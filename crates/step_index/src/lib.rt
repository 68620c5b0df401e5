#![tactic(auto)]

//! Records of steps in their order. A step is found by its name, and the first that depends directly on it by the classes in
//! which the steps are: not by a look at each of them.
mod buckets;
mod due;
mod found;
mod gathered;
mod held;
mod looks;
mod plans;
mod queue;
mod records;
mod walks;

pub use held::HeldSteps;
pub use looks::Looks;
pub use records::StepRecords;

^^^^^^^^^^^^^^^^

Write out the listing above, keeping every word exactly.

→ ANSWER AREA:
filename crates/step_index/src/lib.rt
repository 68620c5b0df401e5
#![tactic(auto)]

//! Records of steps in their order. A step is found by its name, and the first that depends directly on it by the classes in
//! which the steps are: not by a look at each of them.
mod buckets;
mod due;
mod found;
mod gathered;
mod held;
mod looks;
mod plans;
mod queue;
mod records;
mod walks;

pub use held::HeldSteps;
pub use looks::Looks;
pub use records::StepRecords;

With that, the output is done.